I am also an entertainer, a pianist by profession. I haven't found much work here in Cuernavaca, although those who hire me praise my work. I think perhaps if I go to a "tourist" area, I may be able to find more work plying my trade. 

I'm sad to hear that Yucatan is mainly desert. I can't quite figure Mexico out. Here we are in the tropics, yet unless one is well-off enough to afford a "garden", grass is hard to come by. How is it that almost every house in America can have a lawn, yet here in the tropics (I'm including Cuernavaca, too) are vast stretches of dusty, dry, barely living vegetation? I have been a guest of those who own huge areas of land in the municipality of Cuernavaca, and it is all dry and dusty. From the ads that I saw of the Yucatan, it looked much more lush and tropical.

Lastly, I'm disabled on a fixed income. I know there are beautiful gated/guarded communities here in Cuernavaca (I've played parties in many of them), but I cannot afford that lifestyle. I am living with the Mexican people in a Mexican working class neighborhood. Still, I would expect more greenery and tropical vegetation in a tropical country. Where I live, there's nothing but concrete and asphalt that meets the eye. Plus one very polluted river than stinks terribly. Honestly, I lived in areas of D.F. that had more parks and greenery than Cuernavaca! And D.F. is much cooler and to my liking temperature wise. However, I cannot stand the traffic, the people jamming the subways like cattle-cars, the high rental prices, and all the rush. 

I realize I've gone all around in this post and not stayed on topic, but is there an inexpensive, cool, safe region, of Mexico? Thanks for your patience with me. It would take too long to explain how I ended up here, but suffice to say that I never had the time or opportunity to plan this move out in advance. I'm basically playing it by ear as best as I can.


----------



## RTL44 (Nov 26, 2013)

Vortexijah said:


> Several reasons . . . but nothing is carved in stone yet. While I have traveled extensively throughout Mexico, I do not know the Yucatan. I plan on making several trips to get to know the place.
> 
> First, I adore the beach. I grew up 20 minutes from the Atlantic Ocean and it's the only thing I miss about the U.S.
> 
> ...



I agree that the Yucatan can be hot & humid, but we happen to like that. If you are sensitive to heat and humidity, it probably is not the best place to live. There are jungles and rainforests and of course the Caribbean Sea. Take a look at Google Earth and you will see that it is mostly jungle. If you want cool, you would definitely need to look for places with higher elevation.


----------



## Hound Dog (Jan 18, 2009)

Vortexijah said:


> ...I'm sad to hear that Yucatan is mainly desert. I can't quite figure Mexico out. Here we are in the tropics, yet unless one is well-off enough to afford a "garden", grass is hard to come by. How is it that almost every house in America can have a lawn, yet here in the tropics (I'm including Cuernavaca, too) are vast stretches of dusty, dry, barely living vegetation? I have been a guest of those who own huge areas of land in the municipality of Cuernavaca, and it is all dry and dusty. From the ads that I saw of the Yucatan, it looked much more lush and tropical....

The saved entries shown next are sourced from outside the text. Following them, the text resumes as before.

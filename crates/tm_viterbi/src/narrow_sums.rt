// Path metrics in sixteen bits: less the least of them.
ghost use Rattle.std.specs.Prelude.{◌≡◌, ◌++◌, IsTrue, ℕ, ◌+◌, ◌^◌, ◌<◌, ◌≤◌, length, slice_index};
ghost use Rattle.tm_conv.specs.Path.{registers};
ghost use Rattle.tm_viterbi.specs.Totals.{most_spread};

use std::simd::prelude::*;

// By how much path metrics differ at most that go in sixteen bits.
const MOST_SPREAD: u32 = 4096;

// The least path metric.
pub(crate) fn least_sum(sums: &[u32; 64]) -> u32
    ensures { (s : ℕ) → s < registers → result ≤ slice_index sums.now s }
{
    let mut least = sums[0];
    for s in 0..64usize {
        least = least.min(sums[s]);
    }
    least
}

// The greatest path metric.
pub(crate) fn greatest_sum(sums: &[u32; 64]) -> u32
    ensures { (s : ℕ) → s < registers → slice_index sums.now s ≤ result }
{
    let mut greatest = sums[0];
    for s in 0..64usize {
        greatest = greatest.max(sums[s]);
    }
    greatest
}

// Whether no path metric is more than 4,096 above the least. Less the least of them, they then stay in sixteen bits
// for 120 steps, by each of which they grow by at most 510.
pub(crate) fn are_close(sums: &[u32; 64], least: u32) -> bool
    requires { (s : ℕ) → s < registers → least ≤ slice_index sums.now s }
    ensures { IsTrue result → (s : ℕ) → s < registers → slice_index sums.now s ≤ least + most_spread }
{
    greatest_sum(sums) - least <= MOST_SPREAD
}

// The path metrics less the least of them.
pub(crate) fn less_least(sums: &[u32; 64], least: u32) -> [u16; 64]
    requires least { (s : ℕ) → s < registers → least ≤ slice_index sums.now s }
    requires close { (s : ℕ) → s < registers → slice_index sums.now s ≤ least + most_spread }
    ensures long { length result ≡ registers }
    ensures each { (s : ℕ) → s < registers → least + slice_index result s ≡ slice_index sums.now s }
{
    let mut out = [0u16; 64];
    for s in 0..64usize {
        out[s] = (sums[s] - least) as u16;
    }
    out
}

// The path metrics again.
pub(crate) fn with_least(low: Simd<u16, 32>, high: Simd<u16, 32>, least: u32) -> [u32; 64]
    requires { least + 2 ^ 16 < 2 ^ 32 }
    ensures long { length result ≡ registers }
    ensures each { (s : ℕ) → s < registers → slice_index result s ≡ least + slice_index (low ++ high) s }
{
    let first = low.to_array();
    let second = high.to_array();
    let mut out = [0u32; 64];
    for s in 0..32usize {
        out[s] = least + u32::from(first[s]);
        out[32 + s] = least + u32::from(second[s]);
    }
    out
}

// Those of registers 0 to 31, and those of 32 to 63.
pub(crate) fn halves_of(narrow: &[u16; 64]) -> (Simd<u16, 32>, Simd<u16, 32>)
    ensures { result.0 ++ result.1 ≡ narrow.now }
{
    let low = Simd::<u16, 32>::from_slice(&narrow[..32]);
    let high = Simd::<u16, 32>::from_slice(&narrow[32..]);
    (low, high)
}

You certainly didn´t get the notion that the Yucatán is mainly desert from me. That is absolutely not the case. There are a few arid pockets in parts of the Yucatán, especially abutting the Caribbean Coast but I would not characterize even that as "desert".

The península is primarily scrub jungle characterized by endless, mostly stunted scrubby forest throughout the northern part of the península. Toward the south, the jungle becomes more lush and the jungles are far more beautiful in places with often magnificent trees and lush jungle undergrowth. 

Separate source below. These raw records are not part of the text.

// What holds of soft octets that were not disturbed, and of windows that are closed, over the definitions alone.
ghost use Rattle.std.specs.Prelude.{◌≡◌, ◌<◌, ◌≤◌, ◌⊎◌, ◌++◌, ℕ, List, [], length};
ghost use Rattle.tm_conv.specs.Path.{AreBits, complement, register_size, registers};
ghost use Rattle.tm_conv.specs.declared.rates.Rate.TheVariants.{R12};
ghost use Rattle.tm_viterbi.specs.declared.block.Start.TheVariants.{Any};
ghost use Rattle.tm_viterbi.specs.Settings.{Settings};
ghost use Rattle.tm_viterbi.specs.WindowBlock.{WindowBlock};
ghost use Rattle.tm_viterbi.specs.Blocks.{AreBlocksOf};
ghost use Rattle.tm_viterbi.specs.Due.{AreFirst};
ghost use Rattle.tm_viterbi.specs.Clean.{AreClean, IsFixed, sure_symbols, complemented_octets};
ghost use Rattle.tm_viterbi.specs.WindowSizes.{least_keep};

use tm_conv::{complement_law, six_pairs_law};

/// The blocks of symbols that were not disturbed keep exactly the bits that were sent, at no cost, and no octet is left
/// over: at every rate, inversion and window size where paths start from register 0; and at rate 1/2 also where they
/// start from any register and the symbols are those of six steps or more. With fewer steps and any start the bits are
/// not fixed. It does nothing.
pub fn clean_blocks_law()
    ensures { (s : Settings) (register : ℕ) (bits : List ℕ) (blocks : List WindowBlock) (left : ℕ) → least_keep ≤ s.keep
        → AreBits bits
        → IsFixed s register bits → AreBlocksOf s (sure_symbols s register bits) blocks left
        → AreClean bits blocks left }
{
    six_pairs_law();
}

/// At rate 1/2, where paths start from any register, the blocks of the symbols of no step or of six or more, each
/// complemented and not else disturbed, keep exactly the bits that were sent, each complemented. It does nothing.
pub fn complemented_blocks_law()
    ensures { (s : Settings) (register : ℕ) (bits : List ℕ) (blocks : List WindowBlock) (left : ℕ) → least_keep ≤ s.keep
        → AreBits bits
        → s.start ≡ Any → s.rate ≡ R12 → register < registers → (bits ≡ []) ⊎ (register_size ≤ length bits)
        → AreBlocksOf s (complemented_octets (sure_symbols s register bits)) blocks left
        → AreClean (complement bits) blocks left }
{
    six_pairs_law();
    complement_law();
}

/// The blocks of windows that are closed stand first in those of octets that go on. It does nothing.
pub fn closed_windows_law()
    ensures { (s : Settings) (octets more : List ℕ) (first : List WindowBlock) → AreFirst s octets first
        → AreFirst s (octets ++ more) first }
{}
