//! The soft decoder of the convolutional code (CCSDS 131.0-B, Convolutional Coding): the Viterbi algorithm in windows,
//! whose path none betters, one window at a time, with its columns step by step and by lanes, and its sums alone. It
//! stands on the code of tm_conv, and knows nothing of streams, markers or frames.
#![tactic(auto)]

mod block;
mod branch_metrics;
mod clean_laws;
mod forward_pass;
mod lanes;
mod laws;
mod narrow_metrics;
mod narrow_steps;
mod narrow_sums;
mod path_cost;
mod path_ends;
mod plain;
mod step_pairs;
mod sums;
mod traceback;
mod window_decoder;
mod window_pass;

pub use block::{Block, BlockTaker, Start, first_start};
pub use clean_laws::{clean_blocks_law, closed_windows_law, complemented_blocks_law};
pub use lanes::lane_column;
pub use laws::{due_law, one_list_law};
pub use path_cost::{least_cost, least_cost_below, least_cost_from, least_distances};
pub use plain::plain_column;
pub use sums::Sums;
pub use window_decoder::{BestPath, WindowDecoder, WindowShape};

Real estate along the Caribbean on or very near the beaches, even in remote áreas, is greatly overpriced in my opinión for what you can get and, despite what some have posted on these fórums, devastating hurricanes come along periodically so that is another factor to at least keep in mind as you look around. When it comes to disclosures on the Gulf or Caribbean as to meteorlogical factors such as the chances of hurricane activity or projected serious beach erosion such as the Gulf is now experiencing west of the Progreso Pier down toward Celestun, do not trust real estate salespeople or direct home sellers. There are no disclosure rules in Mexico that are enforcable so you are on your own and _must do your own due diligence. _ Do not take this lightly.

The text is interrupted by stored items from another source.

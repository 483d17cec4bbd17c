// The forward pass over windows one after another: it goes on over the steps that two windows share.
ghost use Rattle.std.specs.Prelude.{◌≡◌, Bool, IsTrue, ℕ, List, IfOk, ◌+◌, ◌-◌, ◌*◌, ◌^◌, ◌<◌, ◌≤◌, [], drop, length, take, vec_len};
ghost use Rattle.std.specs.Option.{ForSome};
ghost use Rattle.tm_conv.specs.declared.rates.Rate.{Rate};
ghost use Rattle.tm_conv.specs.Path.{steps_size, registers, register_after};
ghost use Rattle.tm_viterbi.specs.Carries.{Carries};
ghost use Rattle.tm_viterbi.specs.Overlap.{IsOverlap, IsPathFrom, most_before};
ghost use Rattle.tm_viterbi.specs.Starts.{starts_from};
ghost use Rattle.tm_viterbi.specs.Totals.{AreAtMost, AreFirsts};
ghost use Rattle.tm_viterbi.specs.WindowSizes.{most_window, window_bound};

use crate::forward_pass::run;
use crate::narrow_sums::greatest_sum;
use crate::path_ends::{first_sums, least_register};
use crate::traceback::{end_register, trace_back};
use crate::window_decoder::BestPath;
use std::alloc::Global;
use tm_base::NoMemory;
use tm_conv::{Rate, steps_len};

// The forward pass over the steps beyond the kept ones of the window that was decoded last, which the next window
// begins with.
#[derive(Drop)]
pub(crate) struct WindowPass {
    // At which step they begin, how many they are, and how many octets they have.
    pub(crate) t: u64,
    pub(crate) overlap: usize,
    pub(crate) size: usize,
    // Their octets are the first here.
    pub(crate) octets: Vec<u8>,
    // The path metrics before and after them, whatever came before.
    pub(crate) before: [u32; 64],
    pub(crate) after: [u32; 64],
    // Their survivors are the first here.
    pub(crate) survivors: Vec<u64>,
}

// Before how many octets of a window of `steps` steps its first `overlap` steps end, and its first `kept`.
fn places(
    rate: Rate,
    t: u64,
    overlap: usize,
    kept: usize,
    steps: usize,
    octets: &[u8],
) -> (usize, usize)
    requires size { length octets.now ≡ steps_size rate t steps }
    requires order { (overlap ≤ kept) × (kept ≤ steps) }
    requires few { steps ≤ most_window }
    requires first { t < window_bound }
    ensures first { result.0 ≡ steps_size rate t overlap }
    ensures middle { result.1 ≡ steps_size rate t kept }
    ensures order { (result.0 ≤ result.1) × (result.1 ≤ length octets.now) }
{
    (steps_len(rate, t, overlap), steps_len(rate, t, kept))
}

// The steps of a window from step `overlap` on, the path metrics before which are `sums`. Returns those after the kept ones.
pub(crate) fn forward(
    rate: Rate,
    invert: bool,
    t: u64,
    octets: &[u8],
    overlap: usize,
    kept: usize,
    sums: &mut [u32; 64],
    survivors: &mut [u64],
) -> [u32; 64]
    requires size { length octets.now ≡ steps_size rate t (length survivors.old) }
    requires order { (overlap ≤ kept) × (kept ≤ length survivors.old) }
    requires steps { length survivors.old ≤ most_window }
    requires first { t < window_bound }
    requires bounded { AreAtMost most_before sums.old }
    ensures whole { (before : List ℕ) → Carries rate invert t (take (steps_size rate t overlap) octets.now) before sums.old
        (take overlap survivors.old) → Carries rate invert t octets.now before sums.new survivors.new }
    ensures rest { Carries rate invert (t + kept) (drop (steps_size rate t kept) octets.now) result sums.new
        (drop kept survivors.new) }
{
    let steps = survivors.len();
    let size = octets.len();
    let (first, middle) = places(rate, t, overlap, kept, steps, octets);
    let head = &octets[first..middle];
    let tail = &octets[middle..size];
    run(
        rate,
        invert,
        t + overlap as u64,
        head,
        sums,
        &mut survivors[overlap..kept],
        1 << 31,
    );
    let between = *sums;
    run(
        rate,
        invert,
        t + kept as u64,
        tail,
        sums,
        &mut survivors[kept..steps],
        (1 << 31) + 510 * (kept - overlap) as u32,
    );
    between
}

impl WindowPass {
    // A pass over no steps, for windows of at most `steps` steps, of which `size` octets may go on.
    pub(crate) fn new(alloc: Global, steps: usize, size: usize) -> Result<WindowPass, NoMemory>
        ensures overlap { (rate : Rate) (invert : Bool) → IfOk result (λ p. IsOverlap rate invert p) }
        ensures room { IfOk result (λ p. vec_len p.survivors ≡ steps) }
    {
        let Ok(survivors) = vec![in alloc; 0u64; steps] else {
            return Err(NoMemory);
        };
        let Ok(octets) = vec![in alloc; 0u8; size] else {
            return Err(NoMemory);
        };
        let mut pass = WindowPass {
            t: 0,
            overlap: 0,
            size: 0,
            octets,
            before: [0; 64],
            after: [0; 64],
            survivors,
        };
        pass.begin(0, None);
        Ok(pass)
    }

    // Whether the window from step `t` on with these octets begins with the steps of the pass, and keeps as many or more.
    pub(crate) fn goes_on(&self, t: u64, kept: usize, octets: &[u8]) -> bool
        requires { self.now.size ≤ vec_len self.now.octets }
        ensures place { IsTrue result → self.now.t ≡ t }
        ensures fits { IsTrue result → self.now.overlap ≤ kept }
        ensures octets { IsTrue result → take self.now.size octets.now ≡ take self.now.size self.now.octets.items }
    {
        self.overlap > 0
            && self.t == t
            && self.overlap <= kept
            && octets.starts_with(&self.octets[..self.size])
    }

    // Begins anew: before step `t`, with no steps.
    pub(crate) fn begin(&mut self, t: u64, starts: Option<u8>)
        ensures overlap { (rate : Rate) (invert : Bool) → IsOverlap rate invert self.new }
        ensures place { self.new.t ≡ t }
        ensures none { (self.new.overlap ≡ 0) × (self.new.size ≡ 0) }
        ensures firsts { AreFirsts (starts_from starts) self.new.before }
        ensures room { vec_len self.new.survivors ≡ vec_len self.old.survivors }
    {
        let sums = first_sums(starts);
        self.t = t;
        self.overlap = 0;
        self.size = 0;
        self.before = sums;
        self.after = sums;
    }

    // Keeps what goes on after the kept steps of a window of `steps` steps: from step `t` on, with these octets.
    fn keep(
        &mut self,
        t: u64,
        kept: usize,
        steps: usize,
        rest: &[u8],
        before: &[u32; 64],
        after: &[u32; 64],
    )
        requires steps { (kept ≤ steps) × (steps ≤ vec_len self.old.survivors) }
        ensures overlap { (rate : Rate) (invert : Bool) → Carries rate invert t rest.now before.now after.now
            (drop kept (take steps self.old.survivors.items)) → IsOverlap rate invert self.new }
        ensures room { vec_len self.new.survivors ≡ vec_len self.old.survivors }
    {
        let size = rest.len();
        if size > self.octets.len() || greatest_sum(after) > 1 << 31 {
            self.begin(t, None);
            return;
        }
        self.octets[0..size].copy_from_slice(rest);
        self.survivors.as_mut_slice().copy_within(kept..steps, 0);
        self.t = t;
        self.overlap = steps - kept;
        self.size = size;
        self.before = *before;
        self.after = *after;
    }

    // The best path of a window that begins with the steps of the pass, with the path metrics before them.
    pub(crate) fn finish(
        &mut self,
        rate: Rate,
        invert: bool,
        kept: usize,
        octets: &[u8],
        bits: &mut [u8],
    ) -> BestPath
        requires overlap { IsOverlap rate invert self.old }
        requires fits { self.old.overlap ≤ kept }
        requires octets { take self.old.size octets.now ≡ take self.old.size self.old.octets.items }
        requires kept { kept ≤ length bits.old }
        requires steps { (length bits.old ≤ vec_len self.old.survivors) × (vec_len self.old.survivors ≤ most_window) }
        requires size { length octets.now ≡ steps_size rate self.old.t (length bits.old) }
        requires first { self.old.t < window_bound }
        ensures path { IsPathFrom rate invert self.old.t (length bits.new) self.old.before octets.now result.start bits.new
            result.metric }
        ensures end_state { result.end_state ≡ register_after result.start (take kept bits.new) }
        ensures overlap { IsOverlap rate invert self.new }
        ensures room { vec_len self.new.survivors ≡ vec_len self.old.survivors }
    {
        let t = self.t;
        let steps = bits.len();
        let before = self.before;
        let mut sums = self.after;
        let (_, middle) = places(rate, t, self.overlap, kept, steps, octets);
        let between = forward(
            rate,
            invert,
            t,
            octets,
            self.overlap,
            kept,
            &mut sums,
            &mut self.survivors[0..steps],
        );
        let last = least_register(&sums);
        let start = trace_back(&self.survivors[..steps], last, bits) as u8;
        let metric = u64::from(sums[last] - before[usize::from(start)]);
        let end_state = end_register(start, &bits[..kept]);
        self.keep(
            t + kept as u64,
            kept,
            steps,
            &octets[middle..],
            &between,
            &sums,
        );
        BestPath {
            start,
            metric,
            end_state,
        }
    }
}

The beaches along the more affordable Northern Gulf from about Celestun to Dzilam de Bravo - a drivable journey over mostly good two lane roads, are quite nice. White, sugar fine sands fronting usually calm aquamarine waters suitable for swimming for all age groups. Prevailing breezes off of the Gulf mitigate the heat if you are directly on the beach. This beach área has many poor fishing villages some seriously damaged by past hurricanes with deferred repairs since these villages are quite poor and locals cannot always afford to fix storm damage fully if at all. The coastal road ends at Dzilam de Bravo and the main road goes inland but there are isolated villages along this stretch of Gulf Coast which I have not visited since, while I value some isolation, these primitive villages strike me as a bit too remote. You can continue inland to Isla Holbox where housing is available although you can´t drive there since autos are not allowed on the island. Photos I have seen of this área indicate beautiful white sand beaches and clear aquamarine waters.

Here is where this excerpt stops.